**EXTRACTED ENTRIES:**
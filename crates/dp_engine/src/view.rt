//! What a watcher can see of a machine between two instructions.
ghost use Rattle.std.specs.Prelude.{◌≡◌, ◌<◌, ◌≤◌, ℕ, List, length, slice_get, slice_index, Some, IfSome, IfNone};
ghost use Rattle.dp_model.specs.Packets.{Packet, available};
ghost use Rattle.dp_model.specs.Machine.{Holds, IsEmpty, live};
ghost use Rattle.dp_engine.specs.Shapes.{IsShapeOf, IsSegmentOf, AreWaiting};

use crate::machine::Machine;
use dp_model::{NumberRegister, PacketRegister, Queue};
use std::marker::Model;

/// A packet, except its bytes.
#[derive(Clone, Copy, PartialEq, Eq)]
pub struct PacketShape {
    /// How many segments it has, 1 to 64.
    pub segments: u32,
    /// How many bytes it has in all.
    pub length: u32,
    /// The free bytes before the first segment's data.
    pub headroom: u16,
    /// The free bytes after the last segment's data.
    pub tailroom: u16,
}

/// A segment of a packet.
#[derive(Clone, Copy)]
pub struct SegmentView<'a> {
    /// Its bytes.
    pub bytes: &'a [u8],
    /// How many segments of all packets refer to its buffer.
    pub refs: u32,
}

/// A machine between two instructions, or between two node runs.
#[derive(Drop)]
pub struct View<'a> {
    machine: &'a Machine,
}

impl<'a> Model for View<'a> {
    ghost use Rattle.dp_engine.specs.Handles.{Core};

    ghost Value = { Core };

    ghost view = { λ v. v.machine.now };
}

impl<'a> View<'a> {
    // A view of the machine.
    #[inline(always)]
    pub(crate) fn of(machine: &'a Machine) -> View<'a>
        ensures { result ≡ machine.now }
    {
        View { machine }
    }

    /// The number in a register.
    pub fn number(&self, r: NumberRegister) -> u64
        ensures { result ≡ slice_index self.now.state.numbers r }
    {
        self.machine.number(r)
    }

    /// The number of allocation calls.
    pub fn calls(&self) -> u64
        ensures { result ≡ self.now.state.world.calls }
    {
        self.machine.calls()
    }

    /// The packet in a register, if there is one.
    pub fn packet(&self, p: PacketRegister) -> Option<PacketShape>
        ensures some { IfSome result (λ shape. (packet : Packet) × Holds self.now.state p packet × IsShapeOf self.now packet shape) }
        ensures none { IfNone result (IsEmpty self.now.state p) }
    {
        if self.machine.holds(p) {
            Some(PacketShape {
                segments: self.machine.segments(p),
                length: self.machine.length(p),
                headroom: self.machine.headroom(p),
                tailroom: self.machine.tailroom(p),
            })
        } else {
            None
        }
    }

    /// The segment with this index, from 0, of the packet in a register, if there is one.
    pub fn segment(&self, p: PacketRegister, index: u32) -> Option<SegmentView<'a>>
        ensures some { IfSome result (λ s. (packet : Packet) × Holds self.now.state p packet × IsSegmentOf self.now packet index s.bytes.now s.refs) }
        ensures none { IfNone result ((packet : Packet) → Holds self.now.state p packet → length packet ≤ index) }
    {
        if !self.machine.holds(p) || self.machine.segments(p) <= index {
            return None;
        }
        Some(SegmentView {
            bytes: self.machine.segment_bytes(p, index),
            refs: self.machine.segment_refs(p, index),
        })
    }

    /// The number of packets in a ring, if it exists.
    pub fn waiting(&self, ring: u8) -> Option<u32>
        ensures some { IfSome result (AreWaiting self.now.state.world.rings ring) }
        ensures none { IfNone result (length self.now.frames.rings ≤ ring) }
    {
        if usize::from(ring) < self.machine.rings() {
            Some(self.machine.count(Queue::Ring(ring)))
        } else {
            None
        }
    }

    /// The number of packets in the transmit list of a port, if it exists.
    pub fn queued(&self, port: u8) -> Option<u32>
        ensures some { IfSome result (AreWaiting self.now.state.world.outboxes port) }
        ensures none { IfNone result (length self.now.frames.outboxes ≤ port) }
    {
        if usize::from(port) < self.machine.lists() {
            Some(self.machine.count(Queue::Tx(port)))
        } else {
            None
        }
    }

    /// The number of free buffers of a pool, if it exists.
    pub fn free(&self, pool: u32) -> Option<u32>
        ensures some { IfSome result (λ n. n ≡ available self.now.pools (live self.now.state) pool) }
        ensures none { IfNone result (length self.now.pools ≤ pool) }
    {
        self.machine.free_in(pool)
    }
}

**WHAT IS REQUIRED:** The answer must consist of every line from the data that contains the word "NumberRegister".

**RESULT:**
use dp_model::{NumberRegister, PacketRegister, Queue};
    pub fn number(&self, r: NumberRegister) -> u64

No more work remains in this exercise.